When asked the implications for law enforcement, he explains, “We can manage motors, but we cannot manage traffic. Our patrolling is weak in the old city with narrow lanes. Our response time to any incident is slow because of the congestion.”
The institutional discord - between SP and BJP, between political representatives and bureaucrats - does not help.
SP runs the state government, but BJP has the most mayors in UP’s bigger cities. Mohley complains that the state has not implemented the 74th amendment which empowered local self government in urban areas - this makes them weak. “Local government is only in name. We cannot even clear residential maps. It is in the hands of the development authority, which is the destruction authority.”
The Mayor’s complaint about the absence of 74th amendment is genuine - but it would have struck a wider chord if the municipality was more effective in areas within its ambit. An official in the Mayor office told HT about the rampant corruption. When asked what were its specific forms, he responded, with a laugh, “Everywhere. We have cars for officials, dumper trucks to clean the city. For diesel, petrol, mobile, and car repair, bills are always inflated. Take another instance. The engineering department repairs roads and lays out sewer lines. They show it on paper but no work gets done. Or work is done in a manner that they will have to dig it again, to make more money. And there is zero supervision.”
There is also conflict and lack of coordination between the various institutions that govern the city - the municipal corporation, the city development authority, the public works department, the Jal Nigam, the electricity board.
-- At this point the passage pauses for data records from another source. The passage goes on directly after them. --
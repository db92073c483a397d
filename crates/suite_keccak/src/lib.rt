// The Keccak suite: SHA3-256 and SHAKE128 of FIPS 202, each of the label and then what it is asked.
#![tactic(auto)]

ghost use Rattle.suite_keccak.specs.Hashes.{keccak_meaning};
ghost use Rattle.suite_keccak.specs.Laws.{keccak_lawful};

use sha3::{sha3_256_parts, shake128_labelled};
use suite::WithinLimits;

#[derive(Clone, Copy)]
pub struct Keccak;

impl WithinLimits for Keccak {
    ghost meaning = { λ _. keccak_meaning };

    ghost lawful = { λ s. keccak_lawful };

    fn digest_within(&self, label: u8, head: &[u8], tail: &[u8]) -> [u8; 32] {
        sha3_256_parts(label, head, tail)
    }

    #[tactic(auto, using(sha3::proofs::Laws::shake128_by_bytes))]
    fn stream_within(&self, label: u8, seed: &[u8; 32], out: &mut [u8]) {
        shake128_labelled(label, seed, out);
    }
}
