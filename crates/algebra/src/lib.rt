// The algebra of the quadratic map over any commutative ring with unit, and over the codes of any field.
#![tactic(auto)]

ghost use Rattle.field.specs.Ring.{Ops, Laws};
ghost use Rattle.algebra.specs.Laws.{Linear, Completes, Extracts, whole_ring, codes_below};

use field::Field;

// The laws, over every ring whose elements are a type's values. Nothing is computed: the contract is the theorem.
pub fn ring_laws_stand<T>() -> u8
    ensures linear { (o : Ops T) → Laws o → Linear o (whole_ring o) }
    ensures completes { (o : Ops T) → Laws o → Completes o (whole_ring o) }
    ensures extracts { (o : Ops T) → Laws o → Extracts o (whole_ring o) }
{
    0
}

// The same laws over the codes of every field.
pub fn field_laws_stand<F: Field>() -> u8
    ensures linear { Linear F.Field.coding.ops (codes_below F.Field.coding.q) }
    ensures completes { Completes F.Field.coding.ops (codes_below F.Field.coding.q) }
    ensures extracts { Extracts F.Field.coding.ops (codes_below F.Field.coding.q) }
{
    0
}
As entrepreneur Gaurav Kapur says, “Today, the road is dug up to lay out a sewage line. It is partly covered up. Tomorrow, another department comes to lay underground electricity cables. Then, someone comes to install fibre optic cable. The departments don’t talk to each other. It is chaos.”
A roadmap for 2017?
The age of the city, the demography, the chaos cannot, however, be an excuse for the lack of governance.
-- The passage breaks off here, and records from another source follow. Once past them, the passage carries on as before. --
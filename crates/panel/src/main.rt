// panel [--long] [--at P Q] SCREEN LIST [WORDS [MEMORY [VIEW]]]
// Draws the command list and the host words of the named files over a display memory, and writes what the panel then shows
// to standard output: a grey picture (PGM, P5) at depths 1 to 8, a colour picture (PPM, P6) at depth 16. A refusal is the one
// line `refused NUMBER PLACE: REASON`. Where a file cannot be read, or its words not be taken, standard output stays empty.
//
// --long: LIST has records of 48 bytes.
//
// --at P Q: in place of the picture the one line `colour COLOUR address ADDRESS bit BIT` of panel point (P, Q), column and line:
// its pixel's colour, the address of its byte, and the place of its highest bit there. P and Q are one to nine digits; where they
// are not, standard output stays empty. (A file called --at is ./--at, one called --long ./--long.)
//
// WORDS: two bytes a word, low byte first, at most 262,144 words; none where it is left out or `-`. MEMORY: 262,144 bytes
// before the drawing; zeros where it is left out or `-`. VIEW: another screen record, whose panel is shown over the memory
// that was drawn on SCREEN; SCREEN's own where it is left out or `-`. The stream: at most 2,097,152 bytes, else 17. The
// buffers are on the stack.
#![tactic(auto)]

ghost use Rattle.std.specs.Prelude.{◌≤◌};

use panel_show::Asked;
use std::rt::{Env, Files};

// Reads the host words, the memory and the view, the third, fourth and fifth file, and runs.
fn run_with(
    rt: &(impl Env + Files + Print + Eprint),
    asked: Asked,
    form: u32,
    first: usize,
    screen: &[u8],
    list: &[u8],
)
    requires { first ≤ 5 }
{
    let mut words = files::words();
    let Some(nw) = files::load_words(rt, first + 2, &mut words) else {
        return;
    };
    let mut memory = files::memory();
    let Some(nm) = files::load_memory(rt, first + 3, &mut memory) else {
        return;
    };
    let words = &words[..nw];
    let memory = &mut memory[..nm];
    if files::is_left_out(rt, first + 4) {
        panel_show::run(rt, asked, form, screen, list, words, memory);
        return;
    }
    let mut view = [0u8; 33];
    let Some(nv) = files::load(rt, first + 4, &mut view) else {
        return;
    };
    panel_show::run_through(rt, asked, form, screen, list, words, &view[..nv], memory);
}

// Reads the screen record and the list, which the arguments from `first` on name, and then the other files.
fn run_from(rt: &(impl Env + Files + Print + Eprint), asked: Asked, form: u32, first: usize)
    requires { first ≤ 5 }
{
    let mut screen = [0u8; 33];
    let Some(ns) = files::load(rt, first, &mut screen) else {
        return;
    };
    let mut list = files::list();
    let Some(nl) = files::load(rt, first + 1, &mut list) else {
        return;
    };
    run_with(rt, asked, form, first, &screen[..ns], &list[..nl]);
}

// The point of arguments i and i + 1; none where one is no number.
fn point_at(rt: &impl Env, i: usize) -> Option<Asked>
    requires { i ≤ 5 }
{
    Some(Asked::Point(files::number(rt, i)?, files::number(rt, i + 1)?))
}

fn main(rt: HostRuntime) {
    let long = files::is_word(&rt, 1, b"--long");
    let next = files::behind(1, long, 1);
    let at = files::is_word(&rt, next, b"--at");
    let first = files::behind(next, at, 3);
    let count = files::arg_count(&rt);
    if count < first + 2 || first + 5 < count {
        files::say(
            &rt,
            b"usage",
            b"panel [--long] [--at P Q] SCREEN LIST [WORDS [MEMORY [VIEW]]]",
        );
        return;
    }
    let mut asked = Asked::Picture;
    if at {
        let Some(point) = point_at(&rt, next + 1) else {
            files::say(&rt, b"--at", b"P and Q are one to nine digits each");
            return;
        };
        asked = point;
    }
    run_from(&rt, asked, files::form_of(long), first);
}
Kapur argues, “Is the state then telling us it can do nothing? Then officials should resign. What stops them from better planning, from developing a satellite city which would take away some of the population pressure off, from at least stopping sewage from going into the Ganga?”
Is there hope for change?
Jaiswal, the MLA, speaks of the centre’s decision to allocate Rs 18,000 crore for roads around the city - a bypass road so people from neighbouring districts don’t have to pass the city; 4 lane highways that connect Varanasi to neighbouring cities. He also highlights additional scheme - Rs 180 crore to lay out sewer lines and clear water-logging, Rs 89 crore to clear roads and lanes approaching 25 places of heritage, Rs 921 crore for underground electric cables; modernisation of small railway stations to reduce the crowds at the main Varanasi cantonment station.
But citizens remain skeptical. Som, a shopkeeper in the Vishwanath lane, next to the iconic Dasaswamedh Ghat, says, “Sarkar means schemes. Let us see what happens on the ground and how it changes our lives.”
There is also buzz about how a new DM is effective and has been trying to instil a sense of order. But this is followed by quick murmurs about how long he would last.
Kapur says the change will only happen with political will. But making urban transformation a central plank in UP’s elections is a distant proposition. As a Varanasi politician said, “Caste and religion matter; Money and organisation matter. Neither politicians nor citizens are ready to make sacrifices necessary for this city to change. Don’t expect 2017 to be any different.”